In 2023, the Meal Kit Category Lines Blurred

person in kitchen with meal kit

Increasingly throughout this past year, meal kits have begun to be not so much their own discrete category as an integrated piece of a larger food eCommerce system.

Take, for instance, Blue Apron. In late September, omnichannel food hall company Wonder, founded and led by Jet.com founder Marc Lore, announced the acquisition of the meal kit subscription company for $103 million. In an accompanying statement, Lore noted that the move came as part of Wonder’s efforts to create “the mealtime super app,” with meal kits serving as just one piece of this puzzle.

Additionally, Blue Apron has also been expanding beyond the traditional meal kit occasion. Earlier this month, the direct-to-consumer (D2C) subscription service announced the expansion of its ready-to-eat category with the launch of Prepared & Ready meals — single-serving, non-frozen prepared meals that recipients reheat in the microwave.

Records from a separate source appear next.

//! Laws of how programs are printed and parsed. A law's function does nothing: its contract is the law.

ghost use Rattle.actx_grammar.specs.Depth.{Shallowest};
ghost use Rattle.actx_grammar.specs.Exact.{ParsesWhatIsSpelled, SpellsWhatIsParsed, NothingGoesOn, RefusesForItsReason, RefusesFirst};
ghost use Rattle.actx_grammar.specs.Grammar.{OneTree};
ghost use Rattle.actx_grammar.specs.InOrder.{EveryNodeHasAPlace, OffencesAreInOrder};
ghost use Rattle.actx_grammar.specs.Sides.{ToldByTheTree};
ghost use Rattle.actx_grammar.specs.Spell.{SpelledAgain, SpelledInForm};

/// A law: a program that some tokens spell is spelled by its own tokens too, within the same depth.
///
/// So what is parsed is parsed again from them, as the same program.
pub fn spelled_again()
    ensures { SpelledAgain }
{}

/// A law: the tokens of a program that some tokens spell have their kinds' forms.
pub fn spelled_in_form()
    ensures { SpelledInForm }
{}

/// A law: a program's own tokens go no deeper than any that spell it, and spell it within their own depth.
pub fn shallowest()
    ensures { Shallowest }
{}

/// A law: which programs have a spelling on a side is told by the program alone.
pub fn told_by_the_tree()
    ensures { ToldByTheTree }
{}

/// A law: no tokens spell two programs within the limits of a side.
pub fn one_tree()
    ensures { OneTree }
{}

/// A law: the parser's machine answers the program that tokens spell within the limits of a side.
pub fn parses_what_is_spelled()
    ensures { ParsesWhatIsSpelled }
{}

/// A law: the parser's machine answers nothing else: tokens of their kinds' forms spell what it answers.
pub fn spells_what_is_parsed()
    ensures { SpellsWhatIsParsed }
{}

/// A law: where the parser's machine refuses a token, no program within the limits goes on with it.
pub fn nothing_goes_on()
    ensures { NothingGoesOn }
{}

/// A law: what the parser's machine calls unexpected goes on at no depth, and what it calls too deep not within the depth.
pub fn refuses_for_its_reason()
    ensures { RefusesForItsReason }
{}

/// A law: the token that the parser's machine refuses is the first with which no program within the limits goes on, and
/// the reason says what it would take.
pub fn refuses_first()
    ensures { RefusesFirst }
{}

/// A law: each node of a program that tokens spell has its place among them.
pub fn every_node_has_a_place()
    ensures { EveryNodeHasAPlace }
{}

/// A law: the offences of a program stand in the order of their nodes, each at a node of its own.
pub fn offences_are_in_order()
    ensures { OffencesAreInOrder }
{}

Blue Apron is not the only meal kit company looking to gain share by adding more convenient options. Leading meal kit company HelloFresh predicted early in the year that its ready-to-eat business would be its “biggest source of order growth in 2023,” per Chief Financial Officer Christian Gartner, and the company has continued to tout the category’s rapid growth on subsequent earnings calls.

Plus, HelloFresh has also been expanding its vision beyond human meals entirely, announcing in August the launch of its new dog food subscription, The Pets Table, broadening the company’s scope and redefining its goal as a push to be the largest “fully integrated food solutions group” in the world.

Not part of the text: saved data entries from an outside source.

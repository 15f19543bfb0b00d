//! Declarations: names with the nodes that declare them, as a list of statements declares them (ECMA-262, 8.2.4).

ghost use Rattle.std.specs.Prelude.{◌≡◌, ◌+◌, ◌++◌, ◌∷◌, [], OnOk, IfOk, length};
ghost use Rattle.actx_grammar.specs.Static.{declared, lets_declared, consts_declared, own_declared, params_declared, stmt_declared, list_declared, init_declared};
ghost use Rattle.actx_ast.specs.View.{lets_view, consts_view, init_view, stmt_view, stmts_view};

use super::count::{after, expr_end, maybe_end, name_end, stmt_end};
use actx_ast::tree::{ConstItem, ForInit, LetItem, Stmt};
use actx_data::{NoMemory, Twin};
use actx_grammar::name::Name;
use std::alloc::Global;
use std::marker::Model;

/// A name with the number of the node that declares it.
#[derive(Drop)]
pub struct Declared {
    pub name: Name,
    pub node: u64,
}

impl Model for Declared {
    ghost use Rattle.actx_grammar.specs.Static as spec;

    ghost Value = { spec.Declared };

    ghost view = { λ d. spec.declared d.name d.node };
}

/// Adds the declaration of a name to others.
pub fn add(alloc: Global, names: &mut Vec<Declared>, node: u64, name: &Name) -> Result<(), NoMemory>
    ensures { OnOk result (names.new.items ≡ names.old.items ++ declared name.now node ∷ []) }
{
    let name = name.copy(alloc)?;
    names.push(Declared { name, node })?;
    Ok(())
}

/// Adds a function's own name, where it has one.
pub fn add_own(
    alloc: Global,
    names: &mut Vec<Declared>,
    at: u64,
    name: &Option<Name>,
) -> Result<(), NoMemory>
    ensures { OnOk result (names.new.items ≡ names.old.items ++ own_declared at name.now) }
{
    match name {
        Some(name) => Ok(add(alloc, names, at, name)?),
        None => Ok(()),
    }
}

/// Adds parameters.
pub fn add_params(
    alloc: Global,
    names: &mut Vec<Declared>,
    at: u64,
    params: &Vec<Name>,
) -> Result<(), NoMemory>
    ensures { OnOk result (names.new.items ≡ names.old.items ++ params_declared at params.now.items) }
{
    let mut node = at;
    for name in params {
        add(alloc, names, node, name)?;
        node = after(node)?;
    }
    Ok(())
}

/// Adds the items of a `let`.
fn add_lets(
    alloc: Global,
    names: &mut Vec<Declared>,
    at: u64,
    items: &Vec<LetItem>,
) -> Result<(), NoMemory>
    ensures { OnOk result (names.new.items ≡ names.old.items ++ lets_declared at (lets_view items.now.items)) }
{
    let mut node = at;
    for item in items {
        add(alloc, names, node, &item.name)?;
        node = maybe_end(after(node)?, &item.value)?;
    }
    Ok(())
}

/// Adds the items of a `const`.
fn add_consts(
    alloc: Global,
    names: &mut Vec<Declared>,
    at: u64,
    items: &Vec<ConstItem>,
) -> Result<(), NoMemory>
    ensures { OnOk result (names.new.items ≡ names.old.items ++ consts_declared at (consts_view items.now.items)) }
{
    let mut node = at;
    for item in items {
        add(alloc, names, node, &item.name)?;
        node = expr_end(after(node)?, &item.value)?;
    }
    Ok(())
}

/// Adds what a statement of a list declares there.
fn add_statement(
    alloc: Global,
    names: &mut Vec<Declared>,
    at: u64,
    statement: &Stmt,
) -> Result<(), NoMemory>
    ensures { OnOk result (names.new.items ≡ names.old.items ++ stmt_declared at (stmt_view statement.now)) }
{
    match statement {
        Stmt::Let(items) => Ok(add_lets(alloc, names, after(at)?, items)?),
        Stmt::Const(items) => Ok(add_consts(alloc, names, after(at)?, items)?),
        Stmt::Fun(function) => Ok(add_own(alloc, names, after(at)?, &function.name)?),
        _ => Ok(()),
    }
}

/// Adds what a list of statements declares, whose first node has this number.
pub fn add_list(
    alloc: Global,
    names: &mut Vec<Declared>,
    at: u64,
    body: &Vec<Stmt>,
) -> Result<(), NoMemory>
    ensures { OnOk result (names.new.items ≡ names.old.items ++ list_declared at (stmts_view body.now.items)) }
{
    let mut node = at;
    for statement in body {
        add_statement(alloc, names, node, statement)?;
        node = stmt_end(node, statement)?;
    }
    Ok(())
}

/// Adds what a `for` declares by what it begins with.
pub fn add_init(
    alloc: Global,
    names: &mut Vec<Declared>,
    at: u64,
    init: &ForInit,
) -> Result<(), NoMemory>
    ensures { OnOk result (names.new.items ≡ names.old.items ++ init_declared at (init_view init.now)) }
{
    match init {
        ForInit::Let(items) => Ok(add_lets(alloc, names, at, items)?),
        ForInit::Const(items) => Ok(add_consts(alloc, names, at, items)?),
        ForInit::Nothing => Ok(()),
        ForInit::Value(_) => Ok(()),
    }
}
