//! The names that a function takes from outside: those of `() => a(b, a)` are `a` and `b`.

ghost use Rattle.std.specs.Prelude.{◌≡◌, ◌∷◌, [], IfOk, OnOk};
ghost use Rattle.actx_ast.specs.View.{function_view};
ghost use Rattle.actx_scope.specs.Links as spec;
ghost use Rattle.actx_scope.specs.Machine as m;
ghost use Rattle.actx_scope.specs.States.{state};

use super::link::Link;
use super::walk::{Walk, walk_function};
use actx_ast::tree::Function;
use actx_data::{NoMemory, Twin};
use actx_grammar::name::Name;
use indexmap::IndexSet;
use std::alloc::Global;

/// Adds the name of a use without a declaration to others.
fn add(alloc: Global, names: &mut IndexSet<Name>, link: &Link) -> Result<(), NoMemory>
    ensures { OnOk result (names.new.keys ≡ spec.with_names names.old.keys (spec.free_of (link.now ∷ []))) }
{
    match link {
        Link::Nothing => Ok(()),
        Link::To(_) => Ok(()),
        Link::Free(name) => {
            names.insert(name.copy(alloc)?)?;
            Ok(())
        }
    }
}

/// The names of all uses without a declaration.
fn gather(alloc: Global, links: &Vec<Link>) -> Result<IndexSet<Name>, NoMemory>
    ensures { IfOk result (λ names. names.keys ≡ spec.with_names [] (spec.free_of links.now.items)) }
{
    let mut names = IndexSet::new(alloc);
    for link in links {
        add(alloc, &mut names, link)?;
    }
    Ok(names)
}

/// The names of a set, in its order.
fn listed(alloc: Global, names: &IndexSet<Name>) -> Result<Vec<Name>, NoMemory>
    ensures { IfOk result (λ list. list.items ≡ names.now.keys) }
{
    let mut list = Vec::new(alloc);
    for name in names.as_slice() {
        list.push(name.copy(alloc)?)?;
    }
    Ok(list)
}

/// What the nodes of a function refer to, where nothing round it is declared.
fn links(alloc: Global, function: &Function) -> Result<Vec<Link>, NoMemory>
    ensures { IfOk result (λ links. links.items ≡ spec.function_links [] 0 (function_view function.now)) }
{
    let mut walk = Walk::new(alloc);
    walk_function(alloc, &mut walk, function)?;
    Ok(walk.links)
}

/// The names that a function uses and doesn't declare, each once, in the order of their first uses. Its own name, its
/// parameters and the names of its body are declared by it (ECMA-262, 10.2.11 and 15.2.5). Errors: `NoMemory`.
pub fn free_names(alloc: Global, function: &Function) -> Result<Vec<Name>, NoMemory>
    ensures { IfOk result (λ names. names.items ≡ spec.free_names (function_view function.now)) }
{
    let links = links(alloc, function)?;
    let names = gather(alloc, &links)?;
    Ok(listed(alloc, &names)?)
}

Meanwhile, Kroger, the United States’ leading pure-play grocer, has been expanding its D2C meals subscription business beyond Home Chef’s meal kits, launching in October its new heat-and-eat meal delivery service, Tempo, selling subscriptions for single-serve, microwaveable meals.

For now, the D2C meal delivery space is relatively small. PYMNTS Intelligence’s study “Connected Dining: Ready-to-Eat Meals Are Eating Restaurants’ Lunch,” which drew from a survey of more than 2,300 U.S. consumers, revealed that 1 in 10 people order ready-to-eat meals to be delivered to their homes every month.

In an interview with PYMNTS, Scott Payne, chief product officer at Home Chef and Tempo, spoke of these low-effort meal options’ potential to gain share from more traditional categories.

“There are certainly going to be some people where this is replacing grocery,” Payne said. “There are some people who haven’t traditionally cooked in the past, so that might be replacing takeout, and there might even be traditional meal kits subscribers who are looking for something more convenient.”

Meal kits at least are already gaining share from brick-and-mortar grocers. The report “The Replenish Economy: A Household Supply Deep Dive,” a PYMNTS Intelligence and sticky.io collaboration drawing from a survey of more than 2,000 U.S. consumers in September, found that 47% of HelloFresh subscribers have reduced their visits to brick-and-mortar stores, significantly higher than the 42% that said the same across retail subscriptions included in the survey.

From “mealtime super apps” to “fully integrated food solutions,” meal kits are increasingly becoming not their own, siloed category but a piece in businesses’ broader efforts to capture more of consumers’ food occasions.